Study finds systemic autoimmune disease patients fare well after transplants

transplant

New research presented this week at ACR Convergence, the American College of Rheumatology’s annual meeting, shows that people with systemic autoimmune diseases do as well after lung or heart-lung transplants as those without any systemic causes of end-stage lung disease. This new data suggests that this life-saving treatment is a viable option for patients who have often been denied these transplants due to concerns about risks associated with their autoimmune disease.

People with systemic autoimmune diseases such as systemic sclerosis, rheumatoid arthritis (RA) and others can develop irreversible lung damage, in some cases leading to end-stage lung disease and early death. While lung transplantation could save their lives, many centers withhold surgery from these patients due to concerns about post-transplant risks caused by their abnormal immune systems and disease-related damage beyond their lungs. Researchers at Stanford University in Palo Alto, CA, compared how people with systemic autoimmune diseases fared after lung and heart-lung transplants with patients who have no systemic causes of their end-stage lung disease during a retrospective cohort study.

“As a result of their systemic disease and prior immunosuppressive treatments, patients with autoimmune diseases present with unique challenges when undergoing lung transplantation. Studying and addressing these challenges is critical to being able to offer this life-saving intervention to the many patients in need,” says Jason H. Melehani, MD, Ph.D., a fellow in rheumatology and pulmonology at Stanford and the study’s co-author.

The study included 75 lung or heart-lung transplant patients who had surgery at Stanford between Jan. 1, 2005 and Jan. 1, 2020 based on ICD-9 and ICD-10 medical billing codes. Patients were matched with 152 controls who had no autoimmune disease, according to age, gender, the year of their transplant, the indication for the surgery (such as interstitial lung disease vs. pulmonary hypertension), and the type of transplant they had, including one lung, both lungs or heart and lung. Researchers compared overall survival after transplant accounting for all of the variables described.

Patients included in the study had a variety of systemic autoimmune diseases, including 17 with RA, 16 with systemic sclerosis, 15 with sarcoidosis, 14 with idiopathic inflammatory myositis, eight with Sjögren’s syndrome, four with mixed connective tissue disease and one with systemic lupus erythematosus (SLE or lupus).
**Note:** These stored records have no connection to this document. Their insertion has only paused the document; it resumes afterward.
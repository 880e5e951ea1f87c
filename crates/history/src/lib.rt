// Dated histories: what was put for a subject on a day, and what is in force on any other.
#![tactic(auto)]

ghost use Rattle.std.specs.Prelude.{◌≡◌, ℕ, ◌+◌, ◌^◌, ◌<◌, ◌≤◌, not, length, take, is_some, count_by, IfSome, Some, None, MatchOption, MatchResult, slice_index_or};
ghost use Rattle.domain.specs.Limits.{periods};
ghost use Rattle.domain.specs.declared.Fault.TheVariants.{Spoiled};
ghost use Rattle.history.specs.Latest.{latest};
ghost use Rattle.history.specs.Entries.{is_on, is_due, of_period, for_period, found, in_force, entry_at, keyed};
ghost use Rattle.history.specs.Puts.{put_one, put_all, put_day, on_day, holding, holding_if, room_for};
ghost use Rattle.history.specs.Questions.{InForce, NoneDue, FirstOn, NoneOn, AfterPut, AfterDay};

use domain::{Fault, PERIODS, Table, is_period};

// What was put for a subject on a day.
#[derive(Clone, Copy, PartialEq, Eq, Debug)]
pub struct Dated<T> {
    pub subject: u8,
    pub day: u16,
    pub entry: T,
}

impl<T> Dated<T> {
    // An entry of subject 0 and day 0 that no call has put, for blank tables.
    pub fn blank(entry: T) -> Dated<T>
        ensures { result ≡ record { subject = 0; day = 0; entry = entry } }
    {
        Dated {
            subject: 0,
            day: 0,
            entry,
        }
    }

    fn is_on(&self, subject: u8, day: u16) -> bool
        ensures { result ≡ is_on subject day self.now }
    {
        self.subject == subject && self.day == day
    }

    fn is_due(&self, subject: u8, day: u16) -> bool
        ensures { result ≡ is_due subject day self.now }
    {
        self.subject == subject && self.day <= day
    }

    // Whether the subject is a Settlement Period, and the entry of just that day.
    fn is_of_period(&self, day: u16) -> bool
        ensures { result ≡ of_period day self.now }
    {
        is_period(self.subject) && self.day == day
    }

    // Whether the subject is a Settlement Period, and the entry not after the day.
    fn is_for_period(&self, day: u16) -> bool
        ensures { result ≡ for_period day self.now }
    {
        is_period(self.subject) && self.day <= day
    }
}

// The entries that a lent table holds.
#[derive_where(Clone, Copy)]
#[derive(PartialEq, Eq, Debug)]
pub struct History<'a, T> {
    entries: &'a [Dated<T>],
}

impl<'a, T> History<'a, T> {
    // The first `count` entries of a table, refused where it has fewer.
    pub fn held(
        entries: &'a [Dated<T>],
        count: usize,
        table: Table,
    ) -> Result<History<'a, T>, Fault>
        ensures { MatchResult result (λ h. (count ≤ length entries.now) × (h.entries.now ≡ take count entries.now)) (λ e. (length entries.now < count) × (e ≡ Spoiled table)) }
    {
        if count > entries.len() {
            return Err(Fault::Spoiled { table });
        }
        Ok(History {
            entries: &entries[..count],
        })
    }

    // The index of the first entry of the subject and the day.
    pub fn find(self, subject: u8, day: u16) -> Option<usize>
        ensures is { result ≡ found self.entry.entries.now subject day }
        ensures within { IfSome result (λ i. i < length self.entry.entries.now) }
        ensures says { MatchOption result (NoneOn self.entry.entries.now subject day) (FirstOn self.entry.entries.now subject day) }
    {
        self.entries
            .iter()
            .position(|dated| dated.is_on(subject, day))
    }

    // The index of the subject's entry of the latest day not after the given one, the first among equals. The index is the answer, so it is counted beside the entries.
    pub fn in_force(self, subject: u8, day: u16) -> Option<usize>
        ensures is { result ≡ in_force self.entry.entries.now subject day }
        ensures within { IfSome result (λ i. i < length self.entry.entries.now) }
        ensures entry { entry_at self.entry.entries.now result ≡ latest (keyed self.entry.entries.now subject) day }
        ensures says { MatchOption result (NoneDue self.entry.entries.now subject day) (InForce self.entry.entries.now subject day) }
    {
        let mut best: Option<(usize, u16)> = None;
        for (index, dated) in self.entries.iter().enumerate() {
            if dated.is_due(subject, day) && best.is_none_or(|(_, latest)| latest < dated.day) {
                best = Some((index, dated.day));
            }
        }
        best.map(|(index, _)| index)
    }

    // The same for each Settlement Period as the subject, the first for period 1, in one pass over the entries. The index is the answer here too.
    pub fn in_force_each(self, day: u16) -> [Option<usize>; DAY_ITEMS]
        ensures is { (k : ℕ) → k < periods → slice_index_or result k None ≡ in_force self.entry.entries.now (k + 1) day }
        ensures within { (k : ℕ) → k < periods → IfSome (slice_index_or result k None) (λ i. i < length self.entry.entries.now) }
        ensures size { length result ≡ periods }
    {
        let mut bests: [Option<(usize, u16)>; DAY_ITEMS] = [None; DAY_ITEMS];
        for (index, dated) in self.entries.iter().enumerate() {
            if dated.is_for_period(day) {
                let k = usize::from(dated.subject) - 1;
                if bests[k].is_none_or(|(_, latest)| latest < dated.day) {
                    bests[k] = Some((index, dated.day));
                }
            }
        }
        bests.map(|best| best.map(|(index, _)| index))
    }

    // For each Settlement Period as the subject, the index of its first entry of the day, in one pass, so the index is counted here too. One function for this and `in_force_each` would take the test and the choice as closures, and be no plainer.
    fn find_each(self, day: u16) -> [Option<usize>; DAY_ITEMS]
        ensures each { (k : ℕ) → k < periods → slice_index_or result k None ≡ found self.entry.entries.now (k + 1) day }
        ensures size { length result ≡ periods }
    {
        let mut at = [None; DAY_ITEMS];
        for (index, dated) in self.entries.iter().enumerate() {
            if dated.is_of_period(day) {
                let k = usize::from(dated.subject) - 1;
                at[k] = at[k].or(Some(index));
            }
        }
        at
    }
}

impl<T: Copy> History<'_, T> {
    // The entry that is in force for the subject on the day.
    pub fn entry_in_force(self, subject: u8, day: u16) -> Option<T>
        ensures { result ≡ entry_at self.entry.entries.now (in_force self.entry.entries.now subject day) }
    {
        self.entry_at(self.in_force(subject, day))
    }

    // The same for each Settlement Period as the subject, the first for period 1, in one pass over the entries.
    pub fn entries_in_force(self, day: u16) -> [Option<T>; DAY_ITEMS]
        ensures each { (k : ℕ) → k < periods → slice_index_or result k None ≡ entry_at self.entry.entries.now (in_force self.entry.entries.now (k + 1) day) }
        ensures size { length result ≡ periods }
    {
        self.in_force_each(day).map(|at| self.entry_at(at))
    }

    // The entry at an index that was answered.
    fn entry_at(self, at: Option<usize>) -> Option<T>
        ensures { result ≡ entry_at self.entry.entries.now at }
    {
        self.entries.get(at?).map(|dated| dated.entry)
    }
}

// Calls are lent their tables and told how many entries are held, since a book keeps only the counts.
// Puts an entry into a table of `count` entries, over the first of its subject and day or else behind the others, and answers the new count.
pub fn put<T: Copy>(
    entries: &mut [Dated<T>],
    count: usize,
    table: Table,
    dated: Dated<T>,
) -> Result<usize, Fault>
    ensures result { result ≡ room_for entries.old table count (put_one (take count entries.old) dated) }
    ensures after { entries.new ≡ holding_if result (put_one (take count entries.old) dated) entries.old }
    ensures says { MatchResult result (λ n. AfterPut (take count entries.old) dated (take n entries.new)) (λ _. entries.new ≡ entries.old) }
{
    let held = History::held(entries, count, table)?;
    let at = held.find(dated.subject, dated.day);
    let needed = count + usize::from(at.is_none());
    if needed > entries.len() {
        return Err(Fault::HistoryFull { needed });
    }
    Ok(place(entries, count, at, dated))
}

// Writes the entry over the one that was found, or behind those held, and says how many are held then.
fn place<T: Copy>(
    entries: &mut [Dated<T>],
    count: usize,
    at: Option<usize>,
    dated: Dated<T>,
) -> usize
    requires held { count ≤ length entries.old }
    requires at { at ≡ found (take count entries.old) dated.subject dated.day }
    requires room { length (put_one (take count entries.old) dated) ≤ length entries.old }
    ensures count { result ≡ length (put_one (take count entries.old) dated) }
    ensures after { entries.new ≡ holding (put_one (take count entries.old) dated) entries.old }
{
    entries[at.unwrap_or(count)] = dated;
    count + usize::from(at.is_none())
}

// Puts the items of one day, the first for the subject 1 and so on, one after the other; no more than a day has periods.
pub fn put_day<T: Copy>(
    entries: &mut [Dated<T>],
    count: usize,
    table: Table,
    day: u16,
    items: &[T],
) -> Result<usize, Fault>
    ensures result { result ≡ room_for entries.old table count (put_day (take count entries.old) day items.now) }
    ensures after { entries.new ≡ holding_if result (put_day (take count entries.old) day items.now) entries.old }
    ensures says { MatchResult result (λ n. AfterDay (take count entries.old) day (take periods items.now) (take n entries.new)) (λ _. entries.new ≡ entries.old) }
{
    let items = &items[..DAY_ITEMS.min(items.len())];
    let held = History::held(entries, count, table)?;
    let at = held.find_each(day);
    let needed = count + count_none(&at[..items.len()]);
    if needed > entries.len() {
        return Err(Fault::HistoryFull { needed });
    }
    Ok(place_day(entries, count, &at, day, items))
}

// The most items of a day: one for each Settlement Period.
const DAY_ITEMS: usize = PERIODS as usize;

// How many of a day's items have no entry yet.
fn count_none(at: &[Option<usize>]) -> usize
    ensures { result ≡ count_by (λ o. not (is_some o)) at.now }
{
    at.iter().filter(|at| at.is_none()).count()
}

// Writes each item where its entry was found, or behind those held.
fn place_day<T: Copy>(
    entries: &mut [Dated<T>],
    count: usize,
    at: &[Option<usize>],
    day: u16,
    items: &[T],
) -> usize
    requires held { count ≤ length entries.old }
    requires few { length items.now ≤ periods }
    requires at { (k : ℕ) → k < length items.now → slice_index_or at.now k None ≡ found (take count entries.old) (k + 1) day }
    requires each { length items.now ≤ length at.now }
    requires room { length (put_all (take count entries.old) (on_day day 1 items.now)) ≤ length entries.old }
    ensures count { result ≡ length (put_all (take count entries.old) (on_day day 1 items.now)) }
    ensures after { entries.new ≡ holding (put_all (take count entries.old) (on_day day 1 items.now)) entries.old }
{
    let mut end = count;
    for ((subject, item), at) in (1..=PERIODS).zip(items).zip(at) {
        let dated = Dated {
            subject,
            day,
            entry: *item,
        };
        end = place(entries, end, *at, dated);
    }
    end
}
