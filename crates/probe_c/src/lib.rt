// The functions of `probe` as C calls them, with the same contracts: nothing else is done here.
#![tactic(auto)]

ghost use Rattle.std.specs.Prelude.{◌≡◌, None, codes};
ghost use Rattle.probe.specs.Found.{size, found_in};
ghost use Rattle.probe.specs.Length.{length_read};
ghost use Rattle.resp.specs.Reading.{value};
ghost use Rattle.slot_map.specs.Table.{slots as answer_slots};

// How many bytes the one value at the front of `bytes` takes, with arrays nested at most `depth`
// deep; 0, which is no value's length, where there is none.
#[unsafe(no_mangle)]
pub extern "C" fn resp_value_len(bytes: &[u8], depth: u32) -> usize
    ensures value { result ≡ length_read depth bytes.now }
    ensures absent { result ≡ 0 → value depth bytes.now ≡ None }
{
    probe::resp_value_len(bytes, depth)
}

// How many ranges the table of a slot answer has, if `-` answered; the largest number where it is refused.
#[unsafe(no_mangle)]
pub extern "C" fn slots_read(answer: &[u8]) -> u64
    ensures { result ≡ size (answer_slots (codes "-") answer.now) }
{
    probe::slots_read(answer)
}

// What all the slots are worth in the table of a slot answer, so many times over; 0 where it is refused.
#[unsafe(no_mangle)]
pub extern "C" fn slots_found(answer: &[u8], slots: &[u8], rounds: u64) -> u64
    ensures { result ≡ found_in slots.now rounds (answer_slots (codes "-") answer.now) }
{
    probe::slots_found(answer, slots, rounds)
}
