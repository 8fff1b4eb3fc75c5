//! Rows of the state as they are shown.
ghost use Rattle.std.specs.Prelude.{◌≡◌, IfOk};
ghost use Rattle.owner_ids.specs.Views.{view_of_owner};
ghost use Rattle.held_locks.specs.Asked.{view_of_lock_holder};
ghost use Rattle.range_table.specs.Modes.{view_of_mode};
ghost use Rattle.status_lists.specs.Views.{mode_of_row, view_of_owner_row, view_of_lock_row, view_of_host_row};

use held_locks::RunHolder;
use hosts_db::HostRow as StoredHost;
use owner_ids::Owner;
use range_table::Mode;
use status_pages::{HostRow, LockRow, OwnerRow, Starved};
use std::alloc::Global;

fn owner_row(alloc: Global, owner: &Owner) -> Result<OwnerRow, Starved>
    ensures { IfOk result (λ row. view_of_owner_row row ≡ view_of_owner owner.now) }
{
    match owner {
        Owner::Remote { name, svid, oh } => {
            let name = Vec::from_slice(alloc, name.as_slice())?;
            let oh = Vec::from_slice(alloc, oh.as_slice())?;
            let svid = *svid;
            Ok(OwnerRow::Host { name, svid, oh })
        }
        Owner::Process(pid) => Ok(OwnerRow::Process(*pid)),
        Owner::Description(number) => Ok(OwnerRow::Description(*number)),
    }
}

fn is_exclusive(mode: Mode) -> bool
    ensures { mode_of_row result ≡ view_of_mode mode }
{
    match mode {
        Mode::Shared => false,
        Mode::Exclusive => true,
    }
}

/// A copy of what an owner holds.
pub(crate) fn lock_row(alloc: Global, holder: &RunHolder<'_>) -> Result<LockRow, Starved>
    ensures { IfOk result (λ row. view_of_lock_row row ≡ view_of_lock_holder holder.now) }
{
    let owner = owner_row(alloc, holder.owner)?;
    let file = Vec::from_slice(alloc, holder.file.as_bytes())?;
    Ok(LockRow {
        file,
        owner,
        first: holder.first,
        last: holder.last,
        is_exclusive: is_exclusive(holder.mode),
    })
}

/// A copy of a host's row, whose owners have so many runs.
pub(crate) fn host_row(alloc: Global, host: &StoredHost, runs: u32) -> Result<HostRow, Starved>
    ensures row { IfOk result (λ row. view_of_host_row row ≡ host.now) }
    ensures runs { IfOk result (λ row. row.runs ≡ runs) }
{
    Ok(HostRow {
        name: Vec::from_slice(alloc, host.name())?,
        epoch: host.epoch(),
        seen: host.seen(),
        quota: host.quota(),
        runs,
    })
}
One-year survival rates for patients with systemic autoimmune diseases were 79.4%, while five-year survival rates for these patients was 54.9%. Patients in the matched control cohort had a one-year survival rate of 90.3% and a five-year survival rate of 57.7%. The hazard ratio for overall survival after transplant did favor patients without a systemic autoimmune disease. However, researchers found it was not significantly different for those who have one of the autoimmune diseases.